Problem description:
Pull every line containing "many" from the data.

══ Data for analysis ══

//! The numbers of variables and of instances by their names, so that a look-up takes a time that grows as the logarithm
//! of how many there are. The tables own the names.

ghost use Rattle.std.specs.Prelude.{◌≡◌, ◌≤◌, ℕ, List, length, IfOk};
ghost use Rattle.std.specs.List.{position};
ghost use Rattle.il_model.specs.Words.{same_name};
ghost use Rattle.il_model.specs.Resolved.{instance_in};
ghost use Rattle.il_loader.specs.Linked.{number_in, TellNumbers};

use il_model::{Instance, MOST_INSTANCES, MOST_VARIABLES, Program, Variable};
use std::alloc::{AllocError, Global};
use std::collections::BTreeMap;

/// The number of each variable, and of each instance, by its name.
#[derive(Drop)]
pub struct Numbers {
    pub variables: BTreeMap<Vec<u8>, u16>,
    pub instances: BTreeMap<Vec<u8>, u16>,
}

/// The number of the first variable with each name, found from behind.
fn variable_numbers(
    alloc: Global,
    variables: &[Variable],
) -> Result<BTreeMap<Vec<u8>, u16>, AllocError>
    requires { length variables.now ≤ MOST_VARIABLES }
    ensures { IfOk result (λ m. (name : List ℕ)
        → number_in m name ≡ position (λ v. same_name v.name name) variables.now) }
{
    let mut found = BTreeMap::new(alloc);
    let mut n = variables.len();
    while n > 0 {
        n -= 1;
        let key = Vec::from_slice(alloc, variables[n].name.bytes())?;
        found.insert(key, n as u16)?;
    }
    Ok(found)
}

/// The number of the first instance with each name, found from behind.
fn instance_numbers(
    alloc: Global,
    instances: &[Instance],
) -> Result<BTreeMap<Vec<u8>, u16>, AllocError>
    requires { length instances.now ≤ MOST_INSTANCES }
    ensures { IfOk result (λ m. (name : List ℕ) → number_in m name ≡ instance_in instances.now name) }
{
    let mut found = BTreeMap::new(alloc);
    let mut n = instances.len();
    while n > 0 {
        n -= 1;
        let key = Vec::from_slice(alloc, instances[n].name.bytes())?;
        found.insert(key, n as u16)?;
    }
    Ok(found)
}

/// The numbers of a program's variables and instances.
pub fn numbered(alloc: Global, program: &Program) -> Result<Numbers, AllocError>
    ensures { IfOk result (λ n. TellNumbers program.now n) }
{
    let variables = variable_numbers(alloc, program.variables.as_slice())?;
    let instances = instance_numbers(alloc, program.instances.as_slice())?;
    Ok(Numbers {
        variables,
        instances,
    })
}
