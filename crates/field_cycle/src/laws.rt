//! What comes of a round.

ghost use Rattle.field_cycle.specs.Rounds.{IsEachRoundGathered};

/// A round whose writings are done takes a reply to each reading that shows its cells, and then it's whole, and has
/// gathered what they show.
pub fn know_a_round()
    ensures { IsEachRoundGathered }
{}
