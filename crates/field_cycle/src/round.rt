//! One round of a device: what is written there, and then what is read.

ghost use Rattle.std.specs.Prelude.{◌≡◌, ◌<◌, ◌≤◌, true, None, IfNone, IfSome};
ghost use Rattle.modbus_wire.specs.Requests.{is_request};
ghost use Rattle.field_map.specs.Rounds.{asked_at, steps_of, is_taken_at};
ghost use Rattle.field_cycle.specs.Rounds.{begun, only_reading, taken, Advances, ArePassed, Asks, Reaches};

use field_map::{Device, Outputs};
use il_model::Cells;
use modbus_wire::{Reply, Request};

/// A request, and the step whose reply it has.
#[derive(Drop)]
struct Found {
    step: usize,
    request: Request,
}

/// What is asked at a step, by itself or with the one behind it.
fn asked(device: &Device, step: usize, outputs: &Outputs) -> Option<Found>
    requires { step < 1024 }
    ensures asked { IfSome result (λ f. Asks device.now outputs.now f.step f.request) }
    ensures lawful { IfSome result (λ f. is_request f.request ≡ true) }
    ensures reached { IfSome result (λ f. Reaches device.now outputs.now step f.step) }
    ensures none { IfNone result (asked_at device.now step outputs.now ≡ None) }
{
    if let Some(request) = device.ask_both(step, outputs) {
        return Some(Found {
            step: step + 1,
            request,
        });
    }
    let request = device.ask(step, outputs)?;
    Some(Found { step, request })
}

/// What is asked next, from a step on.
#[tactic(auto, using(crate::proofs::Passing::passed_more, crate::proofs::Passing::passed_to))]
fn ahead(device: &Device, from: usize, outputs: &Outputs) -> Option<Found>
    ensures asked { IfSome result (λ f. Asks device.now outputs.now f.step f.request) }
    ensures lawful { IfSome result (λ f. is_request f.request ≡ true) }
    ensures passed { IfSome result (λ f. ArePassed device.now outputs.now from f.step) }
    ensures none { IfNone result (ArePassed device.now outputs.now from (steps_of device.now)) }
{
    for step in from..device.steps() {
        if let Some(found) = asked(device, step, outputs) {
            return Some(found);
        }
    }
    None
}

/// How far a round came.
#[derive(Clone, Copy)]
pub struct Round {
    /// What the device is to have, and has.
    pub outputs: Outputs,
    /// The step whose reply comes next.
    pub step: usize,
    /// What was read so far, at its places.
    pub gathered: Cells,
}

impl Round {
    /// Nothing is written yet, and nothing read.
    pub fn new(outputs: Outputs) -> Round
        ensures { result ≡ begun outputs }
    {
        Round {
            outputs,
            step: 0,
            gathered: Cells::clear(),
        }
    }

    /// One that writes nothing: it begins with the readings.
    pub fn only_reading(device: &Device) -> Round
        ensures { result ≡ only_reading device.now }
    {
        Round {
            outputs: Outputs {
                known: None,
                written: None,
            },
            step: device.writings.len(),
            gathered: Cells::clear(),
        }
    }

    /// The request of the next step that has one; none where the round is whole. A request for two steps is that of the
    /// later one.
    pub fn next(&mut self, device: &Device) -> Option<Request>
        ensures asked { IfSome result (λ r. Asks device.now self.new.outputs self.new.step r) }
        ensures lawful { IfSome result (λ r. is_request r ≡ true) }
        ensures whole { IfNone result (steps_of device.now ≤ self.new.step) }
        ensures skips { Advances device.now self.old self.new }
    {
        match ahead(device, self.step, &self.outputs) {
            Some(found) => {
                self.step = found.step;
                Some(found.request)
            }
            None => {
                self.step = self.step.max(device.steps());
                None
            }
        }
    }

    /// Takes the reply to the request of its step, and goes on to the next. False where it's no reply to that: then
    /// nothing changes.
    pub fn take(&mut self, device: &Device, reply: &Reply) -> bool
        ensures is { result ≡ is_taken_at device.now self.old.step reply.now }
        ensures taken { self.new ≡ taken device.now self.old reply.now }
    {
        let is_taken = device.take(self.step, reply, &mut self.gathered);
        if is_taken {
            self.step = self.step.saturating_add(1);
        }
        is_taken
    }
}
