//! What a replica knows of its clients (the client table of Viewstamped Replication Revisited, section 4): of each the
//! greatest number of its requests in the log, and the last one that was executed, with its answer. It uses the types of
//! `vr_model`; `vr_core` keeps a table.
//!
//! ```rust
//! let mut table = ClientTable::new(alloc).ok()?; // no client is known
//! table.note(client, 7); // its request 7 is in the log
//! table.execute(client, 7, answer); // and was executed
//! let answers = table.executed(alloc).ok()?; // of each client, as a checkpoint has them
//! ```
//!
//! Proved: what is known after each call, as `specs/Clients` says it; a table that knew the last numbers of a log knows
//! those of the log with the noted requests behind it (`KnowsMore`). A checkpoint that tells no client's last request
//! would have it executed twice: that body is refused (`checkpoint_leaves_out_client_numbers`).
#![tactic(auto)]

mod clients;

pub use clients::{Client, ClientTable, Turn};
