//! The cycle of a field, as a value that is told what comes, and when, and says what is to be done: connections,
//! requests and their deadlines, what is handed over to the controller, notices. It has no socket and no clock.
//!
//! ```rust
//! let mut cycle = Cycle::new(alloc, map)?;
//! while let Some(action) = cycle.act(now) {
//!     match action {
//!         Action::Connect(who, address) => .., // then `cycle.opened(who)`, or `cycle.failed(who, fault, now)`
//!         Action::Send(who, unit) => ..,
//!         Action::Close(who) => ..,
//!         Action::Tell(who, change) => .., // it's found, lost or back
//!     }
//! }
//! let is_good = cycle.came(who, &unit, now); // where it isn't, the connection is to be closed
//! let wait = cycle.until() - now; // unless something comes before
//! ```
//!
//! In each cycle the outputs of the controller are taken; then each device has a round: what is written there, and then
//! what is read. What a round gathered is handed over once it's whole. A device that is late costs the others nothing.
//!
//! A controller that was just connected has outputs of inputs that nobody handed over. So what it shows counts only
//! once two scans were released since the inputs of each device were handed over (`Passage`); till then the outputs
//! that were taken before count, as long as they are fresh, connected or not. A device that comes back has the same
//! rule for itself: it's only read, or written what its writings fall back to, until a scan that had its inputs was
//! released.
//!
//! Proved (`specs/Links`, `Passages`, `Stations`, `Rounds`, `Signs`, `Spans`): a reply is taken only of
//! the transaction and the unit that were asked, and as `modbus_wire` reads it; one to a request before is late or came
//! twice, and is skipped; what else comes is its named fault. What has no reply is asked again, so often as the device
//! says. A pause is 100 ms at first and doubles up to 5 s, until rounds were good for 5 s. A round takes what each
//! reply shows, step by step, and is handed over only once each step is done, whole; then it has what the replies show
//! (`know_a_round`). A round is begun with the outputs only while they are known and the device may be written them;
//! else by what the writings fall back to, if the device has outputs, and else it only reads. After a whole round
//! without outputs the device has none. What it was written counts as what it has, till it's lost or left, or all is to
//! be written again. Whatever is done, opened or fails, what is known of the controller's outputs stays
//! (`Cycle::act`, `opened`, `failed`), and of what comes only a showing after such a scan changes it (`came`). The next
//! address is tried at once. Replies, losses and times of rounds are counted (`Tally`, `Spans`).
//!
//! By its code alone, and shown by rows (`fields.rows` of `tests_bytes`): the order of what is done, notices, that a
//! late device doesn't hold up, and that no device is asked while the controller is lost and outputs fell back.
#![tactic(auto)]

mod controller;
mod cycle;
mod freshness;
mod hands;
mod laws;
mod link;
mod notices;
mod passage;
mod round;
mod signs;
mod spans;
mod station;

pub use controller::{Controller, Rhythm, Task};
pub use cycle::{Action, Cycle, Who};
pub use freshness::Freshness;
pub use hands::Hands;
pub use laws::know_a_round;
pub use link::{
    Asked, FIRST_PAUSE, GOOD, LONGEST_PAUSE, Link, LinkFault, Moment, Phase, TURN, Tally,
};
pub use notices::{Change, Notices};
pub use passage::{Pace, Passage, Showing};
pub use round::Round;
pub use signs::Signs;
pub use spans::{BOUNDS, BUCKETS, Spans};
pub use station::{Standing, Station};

═══
══ Data for analysis ══

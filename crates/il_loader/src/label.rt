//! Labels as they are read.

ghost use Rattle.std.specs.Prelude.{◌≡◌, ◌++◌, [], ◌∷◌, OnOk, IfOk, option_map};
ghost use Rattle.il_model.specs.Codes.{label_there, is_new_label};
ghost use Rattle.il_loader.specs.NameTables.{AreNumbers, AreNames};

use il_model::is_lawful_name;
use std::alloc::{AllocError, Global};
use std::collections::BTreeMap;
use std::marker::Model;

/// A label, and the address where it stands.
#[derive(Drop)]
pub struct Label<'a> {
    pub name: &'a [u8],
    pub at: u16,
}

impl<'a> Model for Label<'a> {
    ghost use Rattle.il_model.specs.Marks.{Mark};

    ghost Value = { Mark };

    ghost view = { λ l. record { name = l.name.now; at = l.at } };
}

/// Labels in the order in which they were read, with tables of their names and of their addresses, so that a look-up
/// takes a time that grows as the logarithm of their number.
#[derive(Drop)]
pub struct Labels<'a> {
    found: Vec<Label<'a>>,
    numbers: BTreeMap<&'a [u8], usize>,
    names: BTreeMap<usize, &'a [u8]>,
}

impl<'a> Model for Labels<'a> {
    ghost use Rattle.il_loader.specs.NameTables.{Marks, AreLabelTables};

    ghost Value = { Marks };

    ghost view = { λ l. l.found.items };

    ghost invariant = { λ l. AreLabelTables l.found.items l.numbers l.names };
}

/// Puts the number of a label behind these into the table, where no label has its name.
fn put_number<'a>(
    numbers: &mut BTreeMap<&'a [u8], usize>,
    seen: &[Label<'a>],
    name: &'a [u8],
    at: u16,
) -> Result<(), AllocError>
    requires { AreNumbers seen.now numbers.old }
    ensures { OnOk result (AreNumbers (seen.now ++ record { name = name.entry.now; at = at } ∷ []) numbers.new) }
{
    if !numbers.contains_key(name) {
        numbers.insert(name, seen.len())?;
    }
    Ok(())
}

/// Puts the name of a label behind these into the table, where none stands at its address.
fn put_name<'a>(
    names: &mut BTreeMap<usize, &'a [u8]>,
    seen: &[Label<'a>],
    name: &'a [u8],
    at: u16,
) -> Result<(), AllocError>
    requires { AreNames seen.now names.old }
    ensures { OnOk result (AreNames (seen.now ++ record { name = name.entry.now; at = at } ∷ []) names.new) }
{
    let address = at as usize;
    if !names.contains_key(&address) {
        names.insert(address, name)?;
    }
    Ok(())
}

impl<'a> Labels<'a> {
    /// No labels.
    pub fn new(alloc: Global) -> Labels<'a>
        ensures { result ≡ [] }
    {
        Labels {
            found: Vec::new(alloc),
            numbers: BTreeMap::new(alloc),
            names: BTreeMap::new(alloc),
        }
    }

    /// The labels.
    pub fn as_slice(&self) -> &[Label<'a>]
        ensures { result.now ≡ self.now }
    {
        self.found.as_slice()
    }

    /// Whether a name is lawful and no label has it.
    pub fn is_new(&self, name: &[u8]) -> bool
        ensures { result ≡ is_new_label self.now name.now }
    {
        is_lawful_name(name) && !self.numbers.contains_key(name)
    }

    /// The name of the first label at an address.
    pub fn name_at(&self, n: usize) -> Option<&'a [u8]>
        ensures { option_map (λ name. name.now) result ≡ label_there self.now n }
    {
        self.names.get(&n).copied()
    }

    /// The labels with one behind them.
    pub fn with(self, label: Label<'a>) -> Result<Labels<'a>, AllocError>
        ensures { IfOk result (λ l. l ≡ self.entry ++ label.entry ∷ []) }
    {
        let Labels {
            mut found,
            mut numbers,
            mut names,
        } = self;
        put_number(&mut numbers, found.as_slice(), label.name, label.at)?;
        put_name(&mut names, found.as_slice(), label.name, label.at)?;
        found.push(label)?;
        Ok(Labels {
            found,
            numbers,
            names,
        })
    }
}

═══
══ Data for analysis ══

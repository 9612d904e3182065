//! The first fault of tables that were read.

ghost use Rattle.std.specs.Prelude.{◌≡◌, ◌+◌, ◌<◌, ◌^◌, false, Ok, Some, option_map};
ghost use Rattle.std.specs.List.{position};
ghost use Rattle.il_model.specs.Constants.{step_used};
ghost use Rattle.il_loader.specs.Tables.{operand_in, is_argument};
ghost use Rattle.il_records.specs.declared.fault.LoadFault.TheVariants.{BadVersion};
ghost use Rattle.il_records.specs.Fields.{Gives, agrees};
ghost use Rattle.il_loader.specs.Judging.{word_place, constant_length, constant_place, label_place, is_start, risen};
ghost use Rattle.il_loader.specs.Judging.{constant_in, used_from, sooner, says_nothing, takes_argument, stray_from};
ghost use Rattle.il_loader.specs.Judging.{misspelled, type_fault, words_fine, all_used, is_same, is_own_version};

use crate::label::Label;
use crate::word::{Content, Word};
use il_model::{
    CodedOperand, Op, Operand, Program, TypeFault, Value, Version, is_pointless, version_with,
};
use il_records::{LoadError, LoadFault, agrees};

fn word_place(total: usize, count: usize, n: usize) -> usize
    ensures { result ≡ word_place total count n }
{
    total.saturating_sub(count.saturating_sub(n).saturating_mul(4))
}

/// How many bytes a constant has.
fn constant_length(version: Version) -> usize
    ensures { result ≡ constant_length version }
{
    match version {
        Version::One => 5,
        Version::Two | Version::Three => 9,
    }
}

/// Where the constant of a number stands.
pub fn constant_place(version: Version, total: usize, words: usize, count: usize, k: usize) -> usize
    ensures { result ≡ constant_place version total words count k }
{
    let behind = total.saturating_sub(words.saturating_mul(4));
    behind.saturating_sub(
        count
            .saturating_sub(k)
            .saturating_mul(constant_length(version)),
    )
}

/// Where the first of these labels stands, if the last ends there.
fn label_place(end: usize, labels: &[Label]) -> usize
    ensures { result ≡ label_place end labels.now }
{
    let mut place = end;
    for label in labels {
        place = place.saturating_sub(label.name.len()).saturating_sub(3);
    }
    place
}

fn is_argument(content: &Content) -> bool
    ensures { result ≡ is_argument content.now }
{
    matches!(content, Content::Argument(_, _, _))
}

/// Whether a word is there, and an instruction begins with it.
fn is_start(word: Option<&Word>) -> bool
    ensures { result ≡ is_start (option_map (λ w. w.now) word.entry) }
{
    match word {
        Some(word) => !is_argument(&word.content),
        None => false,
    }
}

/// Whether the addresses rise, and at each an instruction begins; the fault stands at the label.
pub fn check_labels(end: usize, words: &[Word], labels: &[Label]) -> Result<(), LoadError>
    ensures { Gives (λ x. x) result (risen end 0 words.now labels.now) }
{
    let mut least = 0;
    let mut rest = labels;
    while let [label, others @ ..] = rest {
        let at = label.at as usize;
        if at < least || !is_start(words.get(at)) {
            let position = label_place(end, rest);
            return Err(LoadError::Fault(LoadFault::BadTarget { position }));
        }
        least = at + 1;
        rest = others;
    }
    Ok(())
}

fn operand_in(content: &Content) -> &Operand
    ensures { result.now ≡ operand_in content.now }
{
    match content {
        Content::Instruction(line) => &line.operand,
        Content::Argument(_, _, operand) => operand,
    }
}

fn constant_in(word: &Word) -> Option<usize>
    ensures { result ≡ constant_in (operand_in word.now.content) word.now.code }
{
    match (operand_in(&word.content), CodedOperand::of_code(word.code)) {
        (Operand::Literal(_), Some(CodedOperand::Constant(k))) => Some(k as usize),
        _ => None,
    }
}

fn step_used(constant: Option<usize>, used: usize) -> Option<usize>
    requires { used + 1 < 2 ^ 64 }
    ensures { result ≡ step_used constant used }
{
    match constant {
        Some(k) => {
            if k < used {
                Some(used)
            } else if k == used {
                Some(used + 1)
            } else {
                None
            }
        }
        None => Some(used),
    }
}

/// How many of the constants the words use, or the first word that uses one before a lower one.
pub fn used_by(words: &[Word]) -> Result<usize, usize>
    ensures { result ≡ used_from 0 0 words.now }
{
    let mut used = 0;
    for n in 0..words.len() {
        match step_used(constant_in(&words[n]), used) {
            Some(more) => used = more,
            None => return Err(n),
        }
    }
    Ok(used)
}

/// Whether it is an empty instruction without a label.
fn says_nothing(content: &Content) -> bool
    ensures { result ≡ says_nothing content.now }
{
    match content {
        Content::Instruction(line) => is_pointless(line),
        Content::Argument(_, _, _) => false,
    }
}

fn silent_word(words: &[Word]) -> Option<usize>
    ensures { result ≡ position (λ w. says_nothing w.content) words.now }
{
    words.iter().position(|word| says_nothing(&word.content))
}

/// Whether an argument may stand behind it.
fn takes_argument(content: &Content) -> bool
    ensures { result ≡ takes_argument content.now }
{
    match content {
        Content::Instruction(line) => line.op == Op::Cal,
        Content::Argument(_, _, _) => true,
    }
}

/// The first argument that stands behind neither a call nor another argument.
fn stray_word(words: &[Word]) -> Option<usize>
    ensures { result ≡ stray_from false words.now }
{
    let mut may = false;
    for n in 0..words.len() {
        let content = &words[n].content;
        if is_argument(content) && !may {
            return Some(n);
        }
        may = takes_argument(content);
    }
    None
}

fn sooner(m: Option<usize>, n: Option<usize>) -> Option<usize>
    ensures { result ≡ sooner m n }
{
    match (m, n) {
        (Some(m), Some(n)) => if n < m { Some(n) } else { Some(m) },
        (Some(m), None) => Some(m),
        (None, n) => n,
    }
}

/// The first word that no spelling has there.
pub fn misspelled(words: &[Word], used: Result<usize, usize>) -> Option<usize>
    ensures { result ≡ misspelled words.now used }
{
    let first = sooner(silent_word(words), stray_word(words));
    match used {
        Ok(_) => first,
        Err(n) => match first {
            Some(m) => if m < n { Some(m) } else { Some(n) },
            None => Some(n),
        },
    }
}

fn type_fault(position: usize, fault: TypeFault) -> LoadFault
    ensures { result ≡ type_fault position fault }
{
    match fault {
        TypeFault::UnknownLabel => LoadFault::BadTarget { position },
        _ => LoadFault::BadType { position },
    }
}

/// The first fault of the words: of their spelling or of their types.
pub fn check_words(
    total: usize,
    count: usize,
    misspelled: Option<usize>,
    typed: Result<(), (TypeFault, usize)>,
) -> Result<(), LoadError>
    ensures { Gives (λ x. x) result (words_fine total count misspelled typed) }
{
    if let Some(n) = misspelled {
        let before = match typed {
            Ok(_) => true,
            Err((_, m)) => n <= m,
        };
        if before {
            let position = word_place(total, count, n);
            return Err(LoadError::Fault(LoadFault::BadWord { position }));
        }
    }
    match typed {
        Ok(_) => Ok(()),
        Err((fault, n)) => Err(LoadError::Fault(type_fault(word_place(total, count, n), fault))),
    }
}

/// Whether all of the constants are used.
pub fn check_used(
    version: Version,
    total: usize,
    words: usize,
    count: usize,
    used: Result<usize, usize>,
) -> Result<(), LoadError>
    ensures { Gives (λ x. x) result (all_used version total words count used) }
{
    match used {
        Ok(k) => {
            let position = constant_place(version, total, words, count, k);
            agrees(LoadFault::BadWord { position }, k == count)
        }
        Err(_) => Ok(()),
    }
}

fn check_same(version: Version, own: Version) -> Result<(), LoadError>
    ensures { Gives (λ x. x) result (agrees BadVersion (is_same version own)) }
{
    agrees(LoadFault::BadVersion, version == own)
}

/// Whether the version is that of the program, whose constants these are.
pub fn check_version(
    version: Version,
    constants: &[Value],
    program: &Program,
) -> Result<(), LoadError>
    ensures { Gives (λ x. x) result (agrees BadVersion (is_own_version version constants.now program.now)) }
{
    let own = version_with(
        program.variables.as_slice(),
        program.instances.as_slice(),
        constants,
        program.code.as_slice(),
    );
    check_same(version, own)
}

═══

Output for this task:
//! of how many there are. The tables own the names.
/// How many bytes a constant has.
/// How many of the constants the words use, or the first word that uses one before a lower one.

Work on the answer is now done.